Pergunta

Python 3.4 provides this neat tool to temporarily redirect stdout:

# From https://docs.python.org/3.4/library/contextlib.html#contextlib.redirect_stdout
with redirect_stdout(sys.stderr):
    help(pow)

The code is not super-complicated, but I wouldn't want to write it over and over again, especially since some thought has gone into it to make it re-entrant:

class redirect_stdout:
    def __init__(self, new_target):
        self._new_target = new_target
        # We use a list of old targets to make this CM re-entrant
        self._old_targets = []

    def __enter__(self):
        self._old_targets.append(sys.stdout)
        sys.stdout = self._new_target
        return self._new_target

    def __exit__(self, exctype, excinst, exctb):
        sys.stdout = self._old_targets.pop()

I'm wondering if there's a general way to use the with statement to temporarily change the value of a variable. Two other use cases from sys are sys.stderr and sys.excepthook.

In a perfect world, something like this would work:

foo = 10
with 20 as foo:
    print(foo) # 20
print (foo) # 10

I doubt we can make that work, but maybe something like this is possible:

foo = 10
with temporary_set('foo', 20):
    print(foo) # 20
print (foo) # 10

I can sort of getting this working by rooting around in globals(), but it's nothing anyone would choose to use.

UPDATE: while I think my "foo = 10" examples clarified what I'm trying to do, they do not convey an actual use case. Here are two:

  1. Redirect stderr, much like redirect_stdout
  2. Temporarily change sys.excepthook. I do a lot of development interactively, and when I add something to excepthook (by wrapping the original function in one of my own, say, to log exceptions using the logging module), I generally want it to get removed at some point. That way I won't have more and more copies of my function wrapping itself. This question confronts a closely related problem.
Foi útil?

Solução 2

Building on the answer by @arthaigo, a more concise version is:

import contextlib

@contextlib.contextmanager
def temporary_assignment(object, new_value):
  old_value = eval(object)
  globals()[object] = new_value
  yield
  globals()[object] = old_value

Outras dicas

I know this question is kind of old, but as I came around the same problem, here is my solution:

class test_context_manager():
    def __init__(self, old_object, new_object):
        self.new = new_object
        self.old = old_object
        self.old_code = eval(old_object)
    def __enter__(self):
        globals()[self.old] = self.new
    def __exit__(self, type, value, traceback):
        globals()[self.old] = self.old_code

It's not pretty as it makes heavy use of global variables, but it seems to work.

For example:

x = 5
print(x)
with test_context_manager("x", 7):
    print(x)

print(x)

Result:

5
7
5

or with functions:

def func1():
    print("hi")

def func2():
    print("bye")

x = 5
func1()
with test_context_manager("func1", func2):
    func1()

func1()

Result:

hi
bye
hi

I just found another clever way to do this, using a unittest.mock, documented here.
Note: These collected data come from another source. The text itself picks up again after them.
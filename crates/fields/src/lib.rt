// Reading a run file from a lent slice of bytes. A reader is handed the place at which it begins; it gives a value and the place after it, or the
// refusal that ends the reading, with its place. The slice and the place stay two parameters: they are the two that each definition of a reading has,
// and a struct of both would be taken apart in each promise (`read result ≡ f s.now at`).
#![tactic(auto)]

ghost use Rattle.std.specs.Prelude.{◌≡◌, ◌≤◌, IfOk, length};
ghost use Rattle.basis.specs.Refusals.{number_of};
ghost use Rattle.runfile.specs.Readers.{field};
ghost use Rattle.runfile.specs.File.{little_endian, number, byte, count, within, second, constant, rule, letters, mark, version, most_steps, step_count};
ghost use Rattle.fields.specs.Views.{Described, ReadsEach, marked, passed, ranged, read, read_as, rule_read};

use basis::{MOST_C, Refusal, Refused, Rule, Version};
use lists::Held;

// "The number of steps (16 bits, at most 2,000)"
const MOST_STEPS: u32 = 2000;

// A value and the place after it; or a refusal and its place.
pub type Read<T> = Result<(T, usize), Refused<usize>>;

// What was read, if it passes; else it is refused where it began.
fn passed<T: Copy>(ok: bool, value: T, next: usize, refusal: Refusal, at: usize) -> Read<T>
    ensures { result ≡ passed ok value next refusal at }
{
    if ok {
        Ok((value, next))
    } else {
        Err(Refused { refusal, place: at })
    }
}

// A field of n bytes
fn field_at(s: &[u8], at: usize, n: usize) -> Read<&[u8]>
    ensures reads { read_as (λ b. b.now) result ≡ field n s.now at }
    ensures whole { IfOk result (λ r. length r.0.now ≡ n) }
{
    if n <= s.len() && at <= s.len() - n {
        Ok((&s[at..at + n], at + n))
    } else {
        Err(Refused {
            refusal: Refusal::EndsInside,
            place: at,
        })
    }
}

// The number that bytes make, the lowest first
fn joined(bytes: &[u8]) -> u32
    requires { length bytes.now ≤ 4 }
    ensures { result ≡ little_endian bytes.now }
{
    let mut all = [0; 4];
    all[..bytes.len()].copy_from_slice(bytes);
    u32::from_le_bytes(all)
}

// The number of a field of n bytes
fn number_at(s: &[u8], at: usize, n: usize) -> Read<u32>
    requires { n ≤ 4 }
    ensures { read result ≡ number n s.now at }
{
    let (bytes, next) = field_at(s, at, n)?;
    Ok((joined(bytes), next))
}

// One byte
pub fn byte_at(s: &[u8], at: usize) -> Read<u8>
    ensures { read result ≡ byte s.now at }
{
    let (bytes, next) = field_at(s, at, 1)?;
    Ok((bytes[0], next))
}

// A number from least to most; any other is refused where it stands.
fn ranged_at(s: &[u8], at: usize, least: usize, most: usize, refusal: Refusal) -> Read<u8>
    ensures { read result ≡ ranged least most (number_of refusal) s.now at }
{
    let (value, next) = byte_at(s, at)?;
    let ok = (least..=most).contains(&usize::from(value));
    passed(ok, value, next, refusal, at)
}

// A count, at most so many
pub fn count_at(s: &[u8], at: usize, most: usize) -> Read<u8>
    ensures reads { read result ≡ count most s.now at }
    ensures few { IfOk result (λ r. r.0 ≤ most) }
{
    ranged_at(s, at, 0, most, Refusal::AboveLimit)
}

// A number in its range
pub fn within_at(s: &[u8], at: usize, least: u8, most: u8) -> Read<u8>
    ensures { read result ≡ within least most s.now at }
{
    ranged_at(
        s,
        at,
        usize::from(least),
        usize::from(most),
        Refusal::OutOfRange,
    )
}

// The second place of an atom whose first is p; they are not both 0.
pub fn second_at(s: &[u8], at: usize, v: u8, p: u8) -> Read<u8>
    ensures { read result ≡ second v p s.now at }
{
    within_at(s, at, u8::from(p == 0), v)
}

// The number c of an atom
pub fn constant_at(s: &[u8], at: usize) -> Read<i32>
    ensures { read result ≡ constant s.now at }
{
    let (value, next) = number_at(s, at, 4)?;
    let c = value.cast_signed();
    let ok = (-MOST_C..=MOST_C).contains(&c);
    passed(ok, c, next, Refusal::OutOfRange, at)
}

// A rule, by its number
pub fn rule_at(s: &[u8], at: usize) -> Read<Rule>
    ensures { rule_read result ≡ rule s.now at }
{
    let (value, next) = byte_at(s, at)?;
    match Rule::try_from(value) {
        Ok(rule) => Ok((rule, next)),
        Err(_) => Err(Refused {
            refusal: Refusal::UnknownRule,
            place: at,
        }),
    }
}

// The number of steps
pub fn step_count_at(s: &[u8], at: usize) -> Read<u32>
    ensures reads { read result ≡ step_count s.now at }
    ensures few { IfOk result (λ r. r.0 ≤ most_steps) }
{
    let (value, next) = number_at(s, at, 2)?;
    passed(value <= MOST_STEPS, value, next, Refusal::AboveLimit, at)
}

// The version
pub fn version_at(s: &[u8], at: usize) -> Read<Version>
    ensures { read result ≡ version s.now at }
{
    let (value, next) = number_at(s, at, 2)?;
    match value {
        1 => Ok((Version::One, next)),
        2 => Ok((Version::Two, next)),
        _ => Err(Refused {
            refusal: Refusal::WrongMark,
            place: at,
        }),
    }
}

// The mark
pub fn mark_at(s: &[u8], at: usize) -> Read<()>
    ensures { marked result ≡ mark s.now at }
{
    let (bytes, next) = field_at(s, at, 3)?;
    let ok = bytes == b"DRF".as_slice();
    passed(ok, (), next, Refusal::WrongMark, at)
}

// ---- what is read several times

// n values, one after the other, each read from the place that `one` is handed, as a reading of the definition describes it
pub fn several<T: Copy, const N: usize, F: Fn(usize) -> Read<T>>(
    at: usize,
    n: u8,
    blank: T,
    one: F,
) -> Read<Held<T, N>>
    requires call { F.IsAlwaysCallable one }
    requires room { n ≤ N }
    requires described { Described (F.post one) }
    ensures reads { ReadsEach (F.post one) N blank n at result }
    ensures few { IfOk result (λ r. r.0.n ≡ n) }
{
    let count = usize::from(n);
    let mut values = [blank; N];
    let mut past = at;
    for j in 0..count {
        let (value, next) = one(past)?;
        values[j] = value;
        past = next;
    }
    Ok((
        Held {
            n: count,
            at: values,
        },
        past,
    ))
}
It's quite general, as one can specify a dictionary with many variables:

import unittest.mock
a = b = 1
with unittest.mock.patch.dict(locals(), a=2, b=3):
  print(a, b)  # shows 2, 3
print(a, b)  # shows 1, 1

Also, it works even if the variables are not previously defined in the current scope.

with unittest.mock.patch.dict(locals(), c=4):
  assert 'c' in locals()
assert 'c' not in locals()

I normally use this custom attr_as context manager:

from contextlib import contextmanager

@contextmanager
def attr_as(obj, field:str, value) -> None:
    old_value = getattr(obj, field)
    setattr(obj, field, value)
    yield
    setattr(obj, field, old_value)

You can then use it with the exact same set of arguments you'd use for setattr in attr_as.

class Foo:
    def __init__(self):
        self.x = 1

foo = Foo()
with attr_as(foo, 'x', 2):
    print(foo.x)

bar = 3
with attr_as(sys.modules[__name__], 'bar', 4):
    print(bar) 

Note, if you need to preserve the existence/nonexistence of the attribute rather than just the value, that's also possible with just a few more lines:

from contextlib import contextmanager

@contextmanager
def attr_as(obj, field:str, value) -> None:
    old_exists = hasattr(obj, field)
    if old_exists:
        old_value = getattr(obj, field)
    setattr(obj, field, value)
    yield
    if old_exists:
        setattr(obj, field, old_value)
    else:
        delattr(obj, field)

How about a closure?

i.e.

#!/usr/bin/python

def create_closure(arg):
    var = arg

    def hide_me():
        return var

    return hide_me


x = 10
clo = create_closure(x)

x *= 2
x2 = clo()
x += 1

print "x: {0}".format(x)
print "x2: {0}".format(x2)

This yields:

x: 21
x2: 10

And since this is a closure, it could be substantially expanded to preserve a whole bunch of other variables and state, and then either used purely in the closure form going forward, or used as the slate from which to restore state later once you're done.